Tatsächlich scheint die Frage, ob eine solche dreimonatige Verlängerung beantragt werden soll, aber aktuell bei den EU-Institutionen nicht zur Debatte zu stehen. „Wir haben einen Deal, und dieser Deal bedeutet, dass es keine Notwendigkeit für eine weitere Verlängerung gibt,“ preschte EU-Kommissionschef Jean-Claude Juncker während einer gemeinsamen Pressekonferenz mit Johnson vor. Im weiteren Verlauf betonte er erneut, dass es keine Verlängerung geben werde.
Während diese Aussagen in gewisser Weise hilfreich für Johnson sein könnten, da er somit den Druck daheim weiter erhöhen kann, zeigten sich einige EU-Beamte und Mitgliedstaaten irritiert. So hieß es, es sei nicht Junckers Aufgabe, über eine Verlängerung zu entscheiden. Nahegelegt wurde, dass die Mitgliedstaaten eine solche Verlängerung gewähren würden, wenn die britischen Abgeordneten den Deal am Samstag ablehnen.

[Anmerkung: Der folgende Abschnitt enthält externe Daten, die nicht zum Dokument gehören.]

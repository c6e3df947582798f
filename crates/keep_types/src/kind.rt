//! The kinds of nodes.
ghost use Rattle.std.specs.Prelude.{◌≡◌};
ghost use Rattle.keep_types.specs.Kinds.{leaf_kind};

use crate::leaf::Leaf;
use crate::node::Kind;

/// The kind of the value that begins with this leaf.
pub fn kind_of(leaf: Leaf) -> Kind
    ensures { result ≡ leaf_kind leaf }
{
    match leaf {
        Leaf::Basic | Leaf::Literal | Leaf::MlBasic | Leaf::MlLiteral => Kind::Str,
        Leaf::Integer => Kind::Integer,
        Leaf::Float => Kind::Float,
        Leaf::Boolean => Kind::Boolean,
        Leaf::OffsetDateTime => Kind::OffsetDateTime,
        Leaf::LocalDateTime => Kind::LocalDateTime,
        Leaf::LocalDate => Kind::LocalDate,
        Leaf::LocalTime => Kind::LocalTime,
        Leaf::ArrayOpen => Kind::Array,
        Leaf::InlineOpen => Kind::Inline,
        _ => Kind::Table,
    }
}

Wie stehen Johnsons Chancen?
EU-Diplomaten sind sich offensichtlich auch bewusst, dass die Chancen in Westminster aktuell gegen Johnson stehen. Vorherrschend war aber eine Mischung aus Erleichterung und Bedauern: „Was ich heute fühle, ist Traurigkeit. Denn in meinem Herzen werde ich immer ein Remainer sein. Ich hoffe, dass das Vereinigte Königreich eines Tages zurückkehrt. Unsere Tür ist offen,“ sagte Ratspräsident Tusk. Der Ire Varadkar fügte hinzu: „Ich bedaure wirklich, dass das Vereinigte Königreich die EU verlässt, aber ich respektiere ihre Entscheidung voll und ganz.“
Zufriedenheit gab es, wenig überraschend, bei Boris Johnson, der sich über einen „sehr produktiven Tag für das Vereinigte Königreich“ freute. Er bekräftigte, er sei „sehr zuversichtlich“, am Samstag die Unterstützung der britischen Parlamentsabgeordneten für seinen Deal zu erhalten.
Der erste Schritt sei getan, „jetzt beginnt das Aufbauen“, sagte er und verwies auf die Notwendigkeit, schnellstmöglich mit der Entwicklung einer „neuen und fortschrittlichen Partnerschaft“ mit der EU zu beginnen.
Davor steht aber erst einmal der Samstag in Westminster an.